His comments join a chorus of criticism from leading retail figures, who have slammed proposed policy changes, including Labour's plans to hike employers' National Insurance contributions (NICs) and minimum wage rates. The Next chairman, Lord Simon Wolfson, has also cautioned that restrictions on zero-hour contracts would make it "much harder" for retailers to offer additional hours to staff. Meanwhile, AO World's CEO revealed that the electrical retailer had shifted most of its sales jobs overseas to mitigate high employment costs in the UK.

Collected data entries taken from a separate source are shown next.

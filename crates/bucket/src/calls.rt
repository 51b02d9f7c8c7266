//! What the calls do to the torrents. Each first moves the time on, and forgets the torrents that
//! are no longer known.

ghost use Rattle.std.specs.Prelude.{◌≡◌, ◌<◌, ◌≤◌, [], IfOk, Some};
ghost use Rattle.bucket.specs.Calls.{Announces, Applies, AreRowsOf, Cleans, Forgets, Joins, Opens, Refuses, Scrapes, Stays, Stops, TakesPart, joining_by};
ghost use Rattle.bucket.specs.Torrents.{place_of};

use crate::joining::{JoinError, Joining};
use crate::torrents::Torrents;
use node_table::Steps;
use ot_base::{Counts, Endpoint, InfoHash, Mark, Minute, Peers, Rows};
use std::alloc::AllocError;
use std::sync::ledger::{Blank, Ledger};

/// The counts of a torrent that isn't known.
const NO_COUNTS: Counts = Counts {
    complete: 0,
    downloaded: 0,
    incomplete: 0,
};

/// Lets the endpoint of an announce take part, adds the other peers that it is told to an empty
/// list, and answers its torrent's counts.
pub fn announce<L: Ledger>(
    torrents: &mut Torrents,
    now: Minute,
    joining: &Joining,
    want: u32,
    words: &[u32; 200],
    told: &mut Peers,
    blank: Blank,
) -> Result<Counts, JoinError>
    requires later { torrents.old.time ≤ now.0 }
    requires few { want ≤ 200 }
    requires empty { told.old ≡ [] }
    requires name { blank.name ≡ L.name }
    requires parts { blank.parts ≡ L.parts }
    requires counts { 0 < blank.parts }
    ensures { Announces now.0 joining.now want words.now torrents.old torrents.new told.new
        result }
{
    let mut steps = Steps::<L>::new(blank);
    torrents.move_on(now, &mut steps);
    let place = join(torrents, joining, &mut steps)?;
    torrents.choose(place, &joining.who, want, words, told);
    Ok(torrents.counts(place))
}

/// Moves the time on alone, and tells why an endpoint can't take part where there is no memory for
/// it: something is full, or memory is wanted.
pub fn refuse<L: Ledger>(
    torrents: &mut Torrents,
    now: Minute,
    joining: &Joining,
    blank: Blank,
) -> JoinError
    requires later { torrents.old.time ≤ now.0 }
    requires name { blank.name ≡ L.name }
    requires parts { blank.parts ≡ L.parts }
    requires counts { 0 < blank.parts }
    ensures { Refuses now.0 joining.now.hash joining.now.who torrents.old torrents.new result }
{
    let mut steps = Steps::<L>::new(blank);
    match open(torrents, now, &joining.hash, &mut steps) {
        Some(place) => JoinError::SwarmFull.or_memory(torrents.is_full_for(place, &joining.who)),
        None => JoinError::BucketFull.or_memory(torrents.is_full()),
    }
}

/// Takes an endpoint out of its torrent, if it takes part in it, and answers the torrent's counts.
pub fn stop<L: Ledger>(
    torrents: &mut Torrents,
    now: Minute,
    hash: &InfoHash,
    who: &Endpoint,
    blank: Blank,
) -> Counts
    requires later { torrents.old.time ≤ now.0 }
    requires name { blank.name ≡ L.name }
    requires parts { blank.parts ≡ L.parts }
    requires counts { 0 < blank.parts }
    ensures { Stops now.0 hash.now who.now torrents.old torrents.new result }
{
    let mut steps = Steps::<L>::new(blank);
    match open(torrents, now, hash, &mut steps) {
        Some(place) => {
            torrents.take(place, who, &mut steps);
            torrents.counts(place)
        }
        None => NO_COUNTS,
    }
}

/// Applies what another node says of an endpoint of a torrent. Only for a new endpoint it may want
/// memory.
pub fn apply<L: Ledger>(
    torrents: &mut Torrents,
    now: Minute,
    hash: &InfoHash,
    who: &Endpoint,
    mark: Mark,
    blank: Blank,
) -> Result<(), JoinError>
    requires later { torrents.old.time ≤ now.0 }
    requires name { blank.name ≡ L.name }
    requires parts { blank.parts ≡ L.parts }
    requires counts { 0 < blank.parts }
    ensures { Applies now.0 hash.now who.now mark torrents.old torrents.new result }
{
    match mark {
        Mark::Leecher => take_part::<L>(torrents, now, hash, who, false, blank),
        Mark::Seed => take_part::<L>(torrents, now, hash, who, true, blank),
        Mark::Stopped => {
            stop::<L>(torrents, now, hash, who, blank);
            Ok(())
        }
    }
}

/// Lets an endpoint take part, with no download that it completes.
fn take_part<L: Ledger>(
    torrents: &mut Torrents,
    now: Minute,
    hash: &InfoHash,
    who: &Endpoint,
    seed: bool,
    blank: Blank,
) -> Result<(), JoinError>
    requires later { torrents.old.time ≤ now.0 }
    requires name { blank.name ≡ L.name }
    requires parts { blank.parts ≡ L.parts }
    requires counts { 0 < blank.parts }
    ensures { TakesPart now.0 (joining_by hash.now who.now seed) torrents.old torrents.new result }
{
    let joining = Joining {
        hash: *hash,
        who: *who,
        seed,
        completed: false,
    };
    let mut steps = Steps::<L>::new(blank);
    torrents.move_on(now, &mut steps);
    join(torrents, &joining, &mut steps)?;
    Ok(())
}

/// The counts of a torrent, and whether it is known.
pub fn scrape<L: Ledger>(
    torrents: &mut Torrents,
    now: Minute,
    hash: &InfoHash,
    blank: Blank,
) -> (Counts, bool)
    requires later { torrents.old.time ≤ now.0 }
    requires name { blank.name ≡ L.name }
    requires parts { blank.parts ≡ L.parts }
    requires counts { 0 < blank.parts }
    ensures { Scrapes now.0 hash.now torrents.old torrents.new result.0 result.1 }
{
    let mut steps = Steps::<L>::new(blank);
    match open(torrents, now, hash, &mut steps) {
        Some(place) => (torrents.counts(place), true),
        None => (NO_COUNTS, false),
    }
}

/// Moves the time on alone.
pub fn pass<L: Ledger>(torrents: &mut Torrents, now: Minute, blank: Blank)
    requires later { torrents.old.time ≤ now.0 }
    requires name { blank.name ≡ L.name }
    requires parts { blank.parts ≡ L.parts }
    requires counts { 0 < blank.parts }
    ensures { Forgets now.0 torrents.old torrents.new }
{
    let mut steps = Steps::<L>::new(blank);
    torrents.move_on(now, &mut steps);
}

/// Drops all peers that aren't live.
pub fn clean<L: Ledger>(torrents: &mut Torrents, now: Minute, blank: Blank)
    requires later { torrents.old.time ≤ now.0 }
    requires name { blank.name ≡ L.name }
    requires parts { blank.parts ≡ L.parts }
    requires counts { 0 < blank.parts }
    ensures { Cleans now.0 torrents.old torrents.new }
{
    let mut steps = Steps::<L>::new(blank);
    torrents.move_on(now, &mut steps);
    torrents.refresh_all(&mut steps);
}

/// Lets an endpoint take part in its torrent, which may be a new one, and tells the place of the
/// torrent.
fn join<L: Ledger>(
    torrents: &mut Torrents,
    joining: &Joining,
    steps: &mut Steps<L>,
) -> Result<u32, JoinError>
    ensures stays { Stays torrents.old torrents.new }
    ensures joins { Joins (place_of joining.now.hash torrents.old.torrents) joining.now
        torrents.old torrents.new result }
    ensures place { IfOk result (λ at. Some at ≡ place_of joining.now.hash torrents.new.torrents) }
{
    match torrents.place(&joining.hash) {
        Some(at) => {
            torrents.put(at, joining, steps)?;
            Ok(at)
        }
        None => torrents.add(joining, steps),
    }
}

/// Moves the time on, finds the torrent of a hash, and drops its peers that aren't live.
fn open<L: Ledger>(
    torrents: &mut Torrents,
    now: Minute,
    hash: &InfoHash,
    steps: &mut Steps<L>,
) -> Option<u32>
    requires { torrents.old.time ≤ now.0 }
    ensures { Opens now.0 hash.now torrents.old torrents.new result }
{
    torrents.move_on(now, steps);
    let place = torrents.place(hash)?;
    torrents.refresh(place, steps);
    Some(place)
}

Marks & Spencer itself is feeling the pinch, with an additional £150 million in taxes incurred this year, including a £14 million charge from the Extended Producer Responsibility (EPR) levy on non-renewable packaging. This "massive dent" in profitability has impacted M&S' ability to raise staff pay, despite hourly wages being among the best in the retail industry over the past three years.
The retailer's financial performance has been hit by a range of challenges, including a 29% slump in profits to £365 million for the year to March. This was partly due to a £131 million cyber-attack hit in April last year, which disrupted its website and led to supply chain issues. In response, M&S cut bonuses for all staff members to shore up its finances.
Despite these headwinds, the M&S Food arm has emerged as a key driver of recovery, with sales increasing by 7% to £9.7 billion during the period. On Tuesday, M&S shares remained flat at 382p, having seen a 16% gain year-to-date, reflecting investor sentiment amidst the challenges and strategic efforts.
The broader implications of these rising costs are significant for UK households and businesses. Increased employment costs can lead to slower wage growth, reduced investment in expansion, and potentially higher prices for consumers as companies pass on additional expenses. For mortgage holders and savers, the economic environment shaped by these factors can influence Bank of England decisions on interest rates, although a direct causal link is not immediate.